Records from a data collection
Start of Block

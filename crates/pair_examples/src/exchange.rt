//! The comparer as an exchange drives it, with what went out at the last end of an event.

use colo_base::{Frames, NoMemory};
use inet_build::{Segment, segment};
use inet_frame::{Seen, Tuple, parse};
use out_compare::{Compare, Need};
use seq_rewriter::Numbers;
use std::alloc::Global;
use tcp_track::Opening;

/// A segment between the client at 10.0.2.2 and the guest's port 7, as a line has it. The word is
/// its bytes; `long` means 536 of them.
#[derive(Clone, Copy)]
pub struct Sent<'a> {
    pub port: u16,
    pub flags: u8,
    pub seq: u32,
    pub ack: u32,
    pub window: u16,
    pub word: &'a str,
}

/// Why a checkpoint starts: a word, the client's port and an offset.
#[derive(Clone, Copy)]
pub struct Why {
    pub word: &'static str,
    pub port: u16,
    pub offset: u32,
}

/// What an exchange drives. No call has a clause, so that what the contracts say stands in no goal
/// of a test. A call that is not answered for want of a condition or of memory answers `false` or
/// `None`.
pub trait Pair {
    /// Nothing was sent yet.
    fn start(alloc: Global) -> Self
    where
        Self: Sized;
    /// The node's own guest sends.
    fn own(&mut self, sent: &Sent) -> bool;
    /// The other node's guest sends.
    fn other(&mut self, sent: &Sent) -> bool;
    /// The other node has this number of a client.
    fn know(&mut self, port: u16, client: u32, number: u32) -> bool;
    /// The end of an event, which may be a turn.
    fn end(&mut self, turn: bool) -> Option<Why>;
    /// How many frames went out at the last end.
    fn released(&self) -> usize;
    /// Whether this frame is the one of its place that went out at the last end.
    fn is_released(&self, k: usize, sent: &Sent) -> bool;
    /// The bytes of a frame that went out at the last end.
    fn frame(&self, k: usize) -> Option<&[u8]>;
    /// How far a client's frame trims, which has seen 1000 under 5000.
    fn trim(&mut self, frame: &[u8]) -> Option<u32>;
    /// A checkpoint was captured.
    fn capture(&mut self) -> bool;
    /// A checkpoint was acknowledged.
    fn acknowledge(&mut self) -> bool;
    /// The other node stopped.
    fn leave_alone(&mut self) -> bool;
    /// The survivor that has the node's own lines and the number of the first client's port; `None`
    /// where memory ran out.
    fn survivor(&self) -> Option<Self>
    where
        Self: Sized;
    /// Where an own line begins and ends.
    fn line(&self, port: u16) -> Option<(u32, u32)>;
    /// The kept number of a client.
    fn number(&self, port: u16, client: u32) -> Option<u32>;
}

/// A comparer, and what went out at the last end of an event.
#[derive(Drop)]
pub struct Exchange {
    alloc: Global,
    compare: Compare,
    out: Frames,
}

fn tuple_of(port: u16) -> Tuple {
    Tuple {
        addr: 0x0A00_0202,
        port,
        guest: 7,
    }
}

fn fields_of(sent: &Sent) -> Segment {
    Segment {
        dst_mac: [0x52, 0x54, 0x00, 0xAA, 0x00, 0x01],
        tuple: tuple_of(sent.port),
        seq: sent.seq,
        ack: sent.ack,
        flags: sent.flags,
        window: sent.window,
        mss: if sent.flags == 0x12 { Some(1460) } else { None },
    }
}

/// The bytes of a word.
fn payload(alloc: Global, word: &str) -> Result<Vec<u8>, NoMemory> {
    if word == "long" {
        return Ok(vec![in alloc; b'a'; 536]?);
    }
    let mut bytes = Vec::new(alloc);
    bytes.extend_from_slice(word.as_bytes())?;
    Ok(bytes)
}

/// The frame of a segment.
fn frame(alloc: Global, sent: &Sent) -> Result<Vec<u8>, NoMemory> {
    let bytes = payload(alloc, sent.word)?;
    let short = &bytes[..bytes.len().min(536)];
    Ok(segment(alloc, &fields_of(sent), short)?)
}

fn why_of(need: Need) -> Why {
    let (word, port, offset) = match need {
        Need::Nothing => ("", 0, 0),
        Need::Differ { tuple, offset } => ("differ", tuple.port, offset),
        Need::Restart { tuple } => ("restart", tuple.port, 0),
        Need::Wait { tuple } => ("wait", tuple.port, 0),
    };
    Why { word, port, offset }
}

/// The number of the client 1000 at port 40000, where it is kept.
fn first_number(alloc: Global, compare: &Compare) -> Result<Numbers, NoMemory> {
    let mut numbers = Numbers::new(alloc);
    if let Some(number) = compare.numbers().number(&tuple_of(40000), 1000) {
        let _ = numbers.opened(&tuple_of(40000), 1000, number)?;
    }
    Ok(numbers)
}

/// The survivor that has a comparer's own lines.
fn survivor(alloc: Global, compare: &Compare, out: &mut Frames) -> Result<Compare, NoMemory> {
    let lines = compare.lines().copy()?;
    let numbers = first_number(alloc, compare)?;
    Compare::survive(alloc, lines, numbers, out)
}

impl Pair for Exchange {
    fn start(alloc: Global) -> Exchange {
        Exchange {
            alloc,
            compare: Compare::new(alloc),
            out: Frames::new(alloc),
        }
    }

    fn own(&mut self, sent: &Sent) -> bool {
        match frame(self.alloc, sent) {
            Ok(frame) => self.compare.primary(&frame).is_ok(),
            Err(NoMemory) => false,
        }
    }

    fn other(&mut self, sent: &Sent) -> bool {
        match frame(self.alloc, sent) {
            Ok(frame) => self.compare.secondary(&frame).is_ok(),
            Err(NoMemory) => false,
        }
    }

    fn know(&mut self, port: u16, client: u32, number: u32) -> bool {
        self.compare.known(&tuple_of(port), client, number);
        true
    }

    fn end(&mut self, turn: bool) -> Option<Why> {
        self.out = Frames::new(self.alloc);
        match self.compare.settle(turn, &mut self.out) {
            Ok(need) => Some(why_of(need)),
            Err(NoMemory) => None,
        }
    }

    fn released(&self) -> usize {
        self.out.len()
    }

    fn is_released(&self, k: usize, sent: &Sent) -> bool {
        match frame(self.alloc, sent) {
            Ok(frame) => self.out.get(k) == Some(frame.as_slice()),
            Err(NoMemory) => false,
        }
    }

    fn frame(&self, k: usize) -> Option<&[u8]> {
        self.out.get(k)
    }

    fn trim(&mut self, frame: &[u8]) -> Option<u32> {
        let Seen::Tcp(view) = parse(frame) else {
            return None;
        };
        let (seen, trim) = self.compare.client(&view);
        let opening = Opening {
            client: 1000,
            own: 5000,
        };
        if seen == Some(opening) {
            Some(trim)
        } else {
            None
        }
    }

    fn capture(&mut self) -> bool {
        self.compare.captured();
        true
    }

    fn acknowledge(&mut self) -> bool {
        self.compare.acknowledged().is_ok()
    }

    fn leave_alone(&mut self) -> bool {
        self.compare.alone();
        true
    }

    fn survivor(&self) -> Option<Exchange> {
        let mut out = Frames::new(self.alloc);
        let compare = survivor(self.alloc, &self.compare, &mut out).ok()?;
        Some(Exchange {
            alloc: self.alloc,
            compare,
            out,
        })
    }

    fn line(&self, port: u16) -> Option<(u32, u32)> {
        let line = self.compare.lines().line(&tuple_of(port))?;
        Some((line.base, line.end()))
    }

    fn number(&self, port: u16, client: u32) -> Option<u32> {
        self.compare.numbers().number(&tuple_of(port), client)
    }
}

End of Block

* Exercise requirements: All lines that contain the word "usize" must be copied from the records above.

* Solved exercise:
    fn released(&self) -> usize;
    fn is_released(&self, k: usize, sent: &Sent) -> bool;
    fn frame(&self, k: usize) -> Option<&[u8]>;
    fn released(&self) -> usize {
    fn is_released(&self, k: usize, sent: &Sent) -> bool {
    fn frame(&self, k: usize) -> Option<&[u8]> {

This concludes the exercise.